Dataset items:
+--

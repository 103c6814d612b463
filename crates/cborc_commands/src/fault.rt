//! Why the program ends without a result.

ghost use Rattle.std.specs.Prelude.{◌≡◌};
ghost use Rattle.cborc_files.specs.Digits.{IsOfText};
ghost use Rattle.cborc_commands.specs.Fault.{fault_status, refusal_fault, at_item, side_fault};

use crate::status::Status;
use cbor_head::{Reason, Refusal};
use cbor_reader::Side;
use cborc_files::{DigitsFault, FileFault, Visible};
use thiserror::Error;

/// Why the program ends without a result. Its text is the line on standard error.
#[derive(Clone, Copy, Debug, Error)]
pub enum Fault<'a> {
    /// The bytes of the input are refused.
    #[error("refused {0}")]
    Refused(Refusal),
    /// An item of the sequence in the input is refused.
    #[error("item {index} refused {refusal}")]
    RefusedItem {
        /// The number of the item, counted from 1.
        index: usize,
        /// The offset in bytes of its first byte in the input.
        start: usize,
        /// Why it is refused. Offsets count from its first byte.
        refusal: Refusal,
    },
    /// The bytes of the first of two inputs are refused.
    #[error("left refused {0}")]
    LeftRefused(Refusal),
    /// The bytes of the second of two inputs are refused.
    #[error("right refused {0}")]
    RightRefused(Refusal),
    /// The argument with this number is not UTF-8. The program's name has the number 0.
    #[error("argument {0} is not UTF-8; to read a file of such a name, use '- < FILE'")]
    NotText(usize),
    /// The file at this path cannot be read.
    #[error("cannot read {}", Visible(.0))]
    CannotRead(&'a str),
    /// The file at this path is not hex text.
    #[error("not hex: {}", Visible(.0))]
    NotHex(&'a str),
    /// The file at this path cannot be written.
    #[error("cannot write {}", Visible(.0))]
    CannotWrite(&'a str),
    /// Standard output cannot be written.
    #[error("cannot write standard output")]
    CannotPrint,
    /// Memory was refused.
    #[error("out of memory")]
    Memory,
}

impl<'a> Fault<'a> {
    /// The exit status.
    pub fn status(&self) -> Status
        ensures { result ≡ fault_status self.now }
    {
        match self {
            Fault::Refused(_) => Status::Refused,
            Fault::RefusedItem { .. } => Status::Refused,
            Fault::LeftRefused(_) | Fault::RightRefused(_) => Status::Refused,
            Fault::NotText(_) => Status::Misused,
            _ => Status::Failed,
        }
    }

    /// The fault of the item with this number in a sequence, at this offset of the input.
    pub fn at_item(self, index: usize, start: usize) -> Fault<'a>
        ensures { result ≡ at_item index start self.entry }
    {
        match self {
            Fault::Refused(refusal) => Fault::RefusedItem {
                index,
                start,
                refusal,
            },
            fault => fault,
        }
    }

    /// The fault of reading the file at this path.
    pub(crate) fn of_reading(path: &'a str, fault: FileFault) -> Fault<'a>
        ensures failed { fault ≡ FileFault.Failed → result ≡ Fault.CannotRead path.entry }
        ensures memory { fault ≡ FileFault.Memory → result ≡ Fault.Memory }
    {
        match fault {
            FileFault::Failed => Fault::CannotRead(path),
            FileFault::Memory => Fault::Memory,
        }
    }

    /// The fault of writing the file at this path.
    pub fn of_writing(path: &'a str, fault: FileFault) -> Fault<'a>
        ensures failed { fault ≡ FileFault.Failed → result ≡ Fault.CannotWrite path.entry }
        ensures memory { fault ≡ FileFault.Memory → result ≡ Fault.Memory }
    {
        match fault {
            FileFault::Failed => Fault::CannotWrite(path),
            FileFault::Memory => Fault::Memory,
        }
    }

    /// The fault of decoding the file at this path as hex text.
    pub(crate) fn of_digits(path: &'a str, fault: DigitsFault) -> Fault<'a>
        ensures not_hex { IsOfText fault → result ≡ Fault.NotHex path.entry }
        ensures memory { ¬ IsOfText fault → result ≡ Fault.Memory }
    {
        match fault {
            DigitsFault::Memory => Fault::Memory,
            DigitsFault::NotHex(_) => Fault::NotHex(path),
        }
    }
}

impl<'a> From<Refusal> for Fault<'a> {
    ghost from_gives = { λ f fault. fault ≡ refusal_fault f };

    fn from(refusal: Refusal) -> Fault<'a> {
        match refusal.reason {
            // Only slices are read, so no read fails.
            Reason::Memory | Reason::Read => Fault::Memory,
            _ => Fault::Refused(refusal),
        }
    }
}

impl<'a> From<(Side, Refusal)> for Fault<'a> {
    ghost from_gives = { λ e fault. fault ≡ side_fault e.0 e.1 };

    fn from((side, refusal): (Side, Refusal)) -> Fault<'a> {
        match (refusal.reason, side) {
            (Reason::Memory, _) => Fault::Memory,
            (_, Side::Left) => Fault::LeftRefused(refusal),
            (_, Side::Right) => Fault::RightRefused(refusal),
        }
    }
}
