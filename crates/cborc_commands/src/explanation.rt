//! Explains the line of a fault.

ghost use Rattle.std.specs.Prelude.{◌≡◌, ◌+◌, ◌-◌, ◌^◌, min, option_map};
ghost use Rattle.cborc_commands.specs.inner.Explained.{cause_text, last_source};

use crate::fault::Fault;
use cbor_diag::write_sentences;
use cbor_head::{Reason, Refusal};
use cborc_files::{Cause, Folder, RecordingFolder, Visible, is_stream};
use cborc_words::{Action, Options, Request};
use std::alloc::Global;
use std::io::{self, ErrorKind, Write};

/// Writes what the line of a fault means and what to do. For a refusal it also writes the file, the
/// bytes around the offset and the path to it. `memory` has the bytes that the fault is about.
pub(crate) fn explain<F: Folder, E: Write>(
    alloc: Global,
    request: &Request<'_>,
    fault: &Fault<'_>,
    memory: &RecordingFolder<'_, F>,
    err: &mut E,
) -> io::Result<()> {
    let options = request.options;
    match fault {
        Fault::Refused(refusal) => {
            write_file(request.source, None, err)?;
            explain_refusal(alloc, memory.last(), options, *refusal, err)
        }
        Fault::RightRefused(refusal) => {
            write_file(last_source(request), None, err)?;
            explain_refusal(alloc, memory.last(), options, *refusal, err)
        }
        Fault::LeftRefused(refusal) => {
            write_file(request.source, None, err)?;
            explain_refusal(alloc, memory.earlier(), options, *refusal, err)
        }
        Fault::RefusedItem { start, refusal, .. } => {
            write_file(request.source, Some((*start, refusal.place)), err)?;
            explain_refusal(alloc, memory.last(), options, *refusal, err)
        }
        Fault::CannotRead(_) | Fault::CannotWrite(_) => write_cause(memory.cause(), err),
        Fault::NotHex(_) => {
            writeln!(
                err,
                "  With --hex, the input must consist of hex digits, two for each byte, and white space."
            )?;
            match memory.hex_error() {
                Some(hex_error) => hex_error.write(err),
                None => Ok(()),
            }
        }
        Fault::CannotPrint | Fault::Memory | Fault::NotText(_) => explain_output(fault, err),
    }
}

/// The same for a fault of standard output or of memory, which is about no file.
pub(crate) fn explain_output<E: Write>(fault: &Fault<'_>, err: &mut E) -> io::Result<()> {
    match fault {
        Fault::CannotPrint => writeln!(err, "  Standard output is closed or full."),
        Fault::Memory => writeln!(err, "  Use a lower --bytes to need less memory."),
        _ => Ok(()),
    }
}

// Writes which file is refused. For an item of a sequence it also writes the offset in the file and the
// item's offset.
fn write_file<E: Write>(path: &str, item: Option<(usize, u64)>, err: &mut E) -> io::Result<()> {
    if is_stream(path) {
        write!(err, "  in standard input")?;
    } else {
        write!(err, "  in {}", Visible(path))?;
    }
    match item {
        Some((start, place)) => {
            let offset = offset_in_input(start, place);
            writeln!(err, ", at offset {offset}; the item starts at {start}")
        }
        None => writeln!(err),
    }
}

// The offset in the input of this offset in the item at `start`.
fn offset_in_input(start: usize, place: u64) -> u64
    ensures { result ≡ min (start + place) (2 ^ 64 - 1) }
{
    (start as u64).saturating_add(place)
}

// Writes why a file could not be read or written.
fn write_cause<E: Write>(cause: Option<Cause>, err: &mut E) -> io::Result<()> {
    let Some(Cause { kind, code, beside }) = cause else {
        return writeln!(err, "  The cause is unknown.");
    };
    if beside {
        write!(err, "  A new file next to it could not be created.")?;
    } else {
        write!(err, " ")?;
    }
    match (cause_text(kind), code) {
        (Some(text), _) => writeln!(err, " {text}"),
        (None, Some(code)) => writeln!(err, " The system reports error {code}."),
        (None, None) => writeln!(err, " The cause is unknown."),
    }
}

// The path of the last file that a request reads.
fn last_source<'a>(request: &Request<'a>) -> &'a str
    ensures { result.now ≡ last_source request.now }
{
    match &request.action {
        Action::Compare { right } => right,
        _ => request.source,
    }
}

// Explains a refusal of the item at the start of these bytes, or without bytes only its reason.
fn explain_refusal<E: Write>(
    alloc: Global,
    read: Option<&[u8]>,
    options: Options,
    refusal: Refusal,
    err: &mut E,
) -> io::Result<()> {
    match read {
        Some(item) => cbor_diag::explain(alloc, item, options.limits, refusal, err)?,
        None => write_sentences(refusal.reason, err)?,
    }
    match refusal.reason {
        Reason::TooLong | Reason::CanonicalTooLong => {
            writeln!(err, "  The option --bytes sets the byte limit.")
        }
        Reason::TooDeep => writeln!(err, "  The option --depth sets the depth limit."),
        _ => Ok(()),
    }
}

// Why a file could not be read or written, for the most common errors.
fn cause_text(kind: ErrorKind) -> Option<&'static str>
    ensures { option_map (λ text. text.now) result ≡ cause_text kind }
{
    match kind {
        ErrorKind::NotFound => Some("There is no such file or folder."),
        ErrorKind::PermissionDenied => Some("It is not permitted."),
        ErrorKind::IsADirectory => Some("It is a folder."),
        ErrorKind::NotADirectory => Some("A part of the path is not a folder."),
        ErrorKind::ReadOnlyFilesystem => Some("The file system is read-only."),
        ErrorKind::StorageFull | ErrorKind::QuotaExceeded => Some("The disk is full."),
        ErrorKind::FileTooLarge => Some("The file would be larger than the system allows."),
        ErrorKind::ExecutableFileBusy => Some("It is a running program."),
        ErrorKind::ResourceBusy => Some("It is in use."),
        ErrorKind::InvalidInput => Some("The path contains a NUL byte."),
        ErrorKind::InvalidFilename => Some("The name is too long."),
        ErrorKind::FilesystemLoop => Some("Symbolic links form a loop."),
        ErrorKind::BrokenPipe => Some("Its reader has closed it."),
        _ => None,
    }
}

+--

■ What the task requires ■
Among the records above, find each line holding the string "RefusedItem" and pull it out.

■ Your response ■
    RefusedItem {
            Fault::RefusedItem { .. } => Status::Refused,
            Fault::Refused(refusal) => Fault::RefusedItem {
        Fault::RefusedItem { start, refusal, .. } => {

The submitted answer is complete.